Киллиан с огромным трудом удержался и не посмотрел на Бенедикта Колера в поисках поддержки. Сейчас искать эту поддержку — непозволительно. Это будет означать фактический провал задания.
— Только не говори, что действительно веришь в этот заученный бред! — устало выкрикнул заключенный. — Я понимаю, что верит он, — Ганс кивком указал в сторону Бенедикта, и по первым рядам зрителей, отчетливо слышавших его речь, прошла волна беспокойного шепота, — я понимаю, что он старший жрец, и вы обязаны подчиняться его решениям. Я понимаю, что ваш старик Леон поддерживает этот фарс, потому что ему нужны показательные казни для отчета перед вашим высшим начальством! Сам бы он и ухом не повел…
Жрец Леон, стоявший по правую руку от Колера, побагровел и решительно шагнул вперед, однако Бенедикт удержал его.
— Не надо, — тихо шепнул он.
— Это, в конце концов, недопустимо! — прошипел старик, однако внушительный взгляд старшего жреца Кардении остудил его пыл, и он послушно умолк.
— Я знаю, что меня не пощадят, — обреченно произнес Ганс, подняв глаза к небу. — И единственное, о чем я прошу перед смертью, это справедливость своего палача, которым избрали тебя, Киллиан. Тебя! Ты ведь знаешь меня, знаешь, что я не преступник. Ты исполнишь приказ и разожжешь этот костер, но хотя бы не лги! Скажи, как есть! Скажи, что ты просто обязан привести в исполнение приговор, который вынес этот фанатичный убийца! Что ему один костер — он за раз сжег сотню человек!..
Харт с трудом заставил себя не прислушиваться к словам, долетавшим из толпы. Люди сомневались. Люди волновались. Еще немного, и они готовы будут взбунтоваться против этой казни.
«Хитрый ублюдок», — процедил про себя Киллиан, пытаясь сообразить, как себя вести. Ганс говорил все не просто так: он демонстрировал смирение, но в душе надеялся, что толпа все же встанет на его сторону. И он сумел завладеть вниманием людей, сумел поселить в них раздумья. Нужно было увести эти раздумья в нужное русло, пока еще не поздно, пока задание не провалено…
— Сделайте что-нибудь, Колер, — вновь прошипел Урбен Леон. — Заткните его, наконец!
— Терпение, — с легкой полуулыбкой произнес Бенедикт, внимательно следя за Хартом, лицо которого сейчас больше напоминало непроницаемую фарфоровую маску.
— Я что-то не помню, — достаточно громко процедил сквозь зубы Киллиан, окидывая приговоренного строгим взглядом, — чтобы тебе давали слово, Ганс.
Толпа, уже начавшая было спрашивать, справедлив ли приговор, вдруг притихла.
Харт сделал шаг к трактирщику и окинул презрительным взглядом зрителей.
— Верю ли я в то, что говорю? — насмешливо переспросил он. — Хочешь правдивой прощальной речи?
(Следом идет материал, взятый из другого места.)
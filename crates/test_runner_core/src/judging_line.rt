// What one line of a log does to a run.
ghost use Rattle.std.specs.Prelude.{◌≡◌, ◌^◌, ◌<◌, IfOk, MatchResult, OnErr, string_bytes};
ghost use Rattle.test_runner_core_run_model.specs.Finishing.{KeepsReasons};
ghost use Rattle.test_runner_core_reporter.specs.Writes.{CountsWriteFailures};
ghost use Rattle.test_runner_core_line_syntax.specs.Lent.{line_meant, record_meant};
ghost use Rattle.test_runner_core_line_syntax.specs.declared.log_line.LogLine.TheVariants as lines;
ghost use Rattle.test_runner_core.specs.declared.judging_line.LineStep.TheVariants as it;
ghost use Rattle.test_runner_core.specs.Inside.{Forgets, JudgesLine, Steps, StepsLine};

use crate::kept_record::record_to_keep;
use crate::refused_line::LineRefusal;
use nextest_run_events_results::TestInstanceId;
use std::alloc::{AllocError, Global};
use test_runner_core_line_syntax::{LentLine, LentRecord, SpellingError};
use test_runner_core_reporter::{ReportFault, is_settled, report_step};
use test_runner_core_run_model::{Finished, StepRefusal};
use test_runner_core_run_state::{KeptRecord, StartFault};
use test_runner_core_session::RecordSession;
use test_runner_core_streams::ReportWriter;

// What became of a line's event.
#[derive(Clone, Copy)]
pub(crate) enum LineStep {
    // Its step is taken, and finished this.
    Taken(Finished),
    // It is refused.
    Refused(StepRefusal),
}

// Judges the bytes of one line, and reports what its step finishes: why they are refused, if they
// are.
pub(crate) fn judge_line<W: ReportWriter>(
    alloc: Global,
    session: &mut RecordSession<'_>,
    bytes: &[u8],
    text: &mut String,
    report: &mut W,
) -> Result<Option<LineRefusal>, ReportFault>
    requires writes_fit { W.failures report.old < 2 ^ 63 }
    requires reached { KeepsReasons session.old.run }
    ensures judged { JudgesLine result session.old bytes.now session.new (W.taken report.old)
        (string_bytes text.old) (W.taken report.new) (string_bytes text.new) }
    ensures failures { CountsWriteFailures result (W.failures report.old) (W.failures report.new)
        (W.last_failed report.new) }
{
    match LentLine::parse(bytes) {
        Ok(None) => Ok(None),
        Ok(Some(line)) => report_line(alloc, session, line, text, report),
        Err(SpellingError::NotUtf8) => Ok(Some(LineRefusal::NotUtf8)),
        Err(SpellingError::BadLine) => Ok(Some(LineRefusal::BadLine)),
    }
}

// Takes the step of a line's event, and reports what it finishes: why it is refused, if it is.
fn report_line<W: ReportWriter>(
    alloc: Global,
    session: &mut RecordSession<'_>,
    line: LentLine<'_>,
    text: &mut String,
    report: &mut W,
) -> Result<Option<LineRefusal>, ReportFault>
    requires writes_fit { W.failures report.old < 2 ^ 63 }
    requires reached { KeepsReasons session.old.run }
    ensures judged { StepsLine result session.old (line_meant line.entry) session.new
        (W.taken report.old) (string_bytes text.old) (W.taken report.new) (string_bytes text.new) }
    ensures failures { CountsWriteFailures result (W.failures report.old) (W.failures report.new)
        (W.last_failed report.new) }
{
    match take_step(alloc, session, line)? {
        LineStep::Refused(refusal) => Ok(Some(LineRefusal::Step(refusal))),
        LineStep::Taken(finished) => {
            report_step(text, report, session, finished)?;
            forget_settled(session, finished);
            Ok(None)
        }
    }
}

// Forgets the outputs of the test that a step finished, where no report needs them any more.
fn forget_settled(session: &mut RecordSession<'_>, finished: Finished)
    ensures plan { session.new.plan ≡ session.old.plan }
    ensures run { Forgets session.old.plan session.old.run session.new.run }
{
    if let Some(place) = finished.ended {
        if has_outputs(session, place) && is_settled(session, place) {
            session.forget_outputs(place);
        }
    }
}

// Whether outputs of attempts of the test at a place may be kept. It affects only time.
fn has_outputs(session: &RecordSession<'_>, place: usize) -> bool {
    let Some(kept) = session.kept_at(place) else {
        return false;
    };
    match kept.attempts.as_slice() {
        [] => false,
        [only] => only.whole().is_some(),
        _ => true,
    }
}

// Takes the step of a line's event.
fn take_step(
    alloc: Global,
    session: &mut RecordSession<'_>,
    line: LentLine<'_>,
) -> Result<LineStep, AllocError>
    ensures taken { IfOk result (λ it. Steps it session.old (line_meant line.entry) session.new) }
    ensures kept { OnErr result (session.new ≡ session.old) }
{
    match line {
        LentLine::Script { id, record } => end_script(alloc, session, id, record),
        LentLine::Start { binary, name } => start(session, binary, name),
        LentLine::End {
            binary,
            name,
            record,
        } => end(alloc, session, binary, name, record),
        LentLine::Stop { reason } => Ok(step_of(session.stop(reason))),
    }
}

// What an answer of the session comes to.
fn step_of(answer: Result<Finished, StepRefusal>) -> LineStep
    ensures { MatchResult answer (λ finished. result ≡ it.Taken finished)
        (λ refusal. result ≡ it.Refused refusal) }
{
    match answer {
        Ok(finished) => LineStep::Taken(finished),
        Err(refusal) => LineStep::Refused(refusal),
    }
}

// A script ended.
fn end_script(
    alloc: Global,
    session: &mut RecordSession<'_>,
    id: &str,
    record: LentRecord<'_>,
) -> Result<LineStep, AllocError>
    ensures taken { IfOk result (λ it.
        Steps it session.old (lines.Script id.now (record_meant «record».entry)) session.new) }
    ensures kept { OnErr result (session.new ≡ session.old) }
{
    let record = record.own(alloc)?;
    Ok(step_of(session.script_finished(id, record)))
}

// An attempt starts, which finishes no test.
fn start(session: &mut RecordSession<'_>, binary: &str, name: &str) -> Result<LineStep, AllocError>
    ensures taken { IfOk result
        (λ it. Steps it session.old (lines.Start binary.now name.now) session.new) }
    ensures kept { OnErr result (session.new ≡ session.old) }
{
    let test = TestInstanceId {
        binary_id: binary,
        test_name: name,
    };
    // A log in which no test starts needs neither the tests' states nor their index.
    session.prepare()?;
    match session.start(test) {
        Ok(()) => Ok(LineStep::Taken(Finished {
            ended: None,
            stops: false,
        })),
        Err(StartFault::Refused(refusal)) => Ok(LineStep::Refused(refusal)),
        Err(StartFault::OutOfMemory) => Err(AllocError),
    }
}

// An attempt ended. Of its record that is kept which a report may show.
fn end(
    alloc: Global,
    session: &mut RecordSession<'_>,
    binary: &str,
    name: &str,
    record: LentRecord<'_>,
) -> Result<LineStep, AllocError>
    ensures taken { IfOk result (λ it. Steps it session.old
        (lines.End binary.now name.now (record_meant «record».entry)) session.new) }
    ensures kept { OnErr result (session.new ≡ session.old) }
{
    let test = TestInstanceId {
        binary_id: binary,
        test_name: name,
    };
    let record = record_to_keep(alloc, session, test, record)?;
    let ending = KeptRecord::new(alloc, record)?;
    Ok(step_of(session.attempt_finished(test, ending)))
}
Получи же ее: я верю. Каждому. Сказанному. Слову. Знаешь, почему?
Молодой человек нашел в толпе глазами заранее примеченную семью одного из погибших жрецов и указал в ее сторону.
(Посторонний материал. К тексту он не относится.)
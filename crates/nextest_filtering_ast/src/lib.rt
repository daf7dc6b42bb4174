//! What trees of the filterset language are made of: operators, leaves and matchers as they are
//! written, and how they print; and the grammar of trees.
#![tactic(auto)]

mod copying;
mod leaf;
mod matcher;
mod matching;
mod operators;
mod pattern;
mod printing;
mod runtime;

pub use leaf::{BuildPlatform, ParsedLeaf, SourceSpan};
pub use matcher::NameMatcher;
pub use matching::NameMatching;
pub use operators::{AndOperator, DifferenceOperator, Joint, NotOperator, OrOperator};
pub use pattern::{Pattern, PatternError, PatternMatcher};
— Потому что я труп Дарбера Ваймса вот так видел, — Киллиан занес руку и остановил ее в нескольких дюймах от своего лица. — Вот на таком расстоянии, Ганс. Знаешь, зачем мне его так показали? Знаешь, зачем заставили смотреть? Чтобы я не оказался когда-нибудь на его месте. А я ведь могу — из-за таких, как ты! Мои коллеги, мои братья, у многих из которых была семья, погибли вчера, потому что ты — промолчал. Из страха ли, из лени ли, неважно! Факт остается фактом: ты промолчал. Укрыл монстра. А после попытался сбежать, потому что осознавал, что виновен. Невиновные не убегают, Ганс. Хочешь сказать об отсутствии у себя умысла? Вот им это скажи! — Киллиан резко указал в сторону светловолосой женщины с раскрасневшимся от слез лицом, держащей на руках маленького ребенка. — Скажи это семье Дарбера Ваймса, смелее! Скажи им, что дочь не увидит своего отца, потому что ты промолчал без умысла.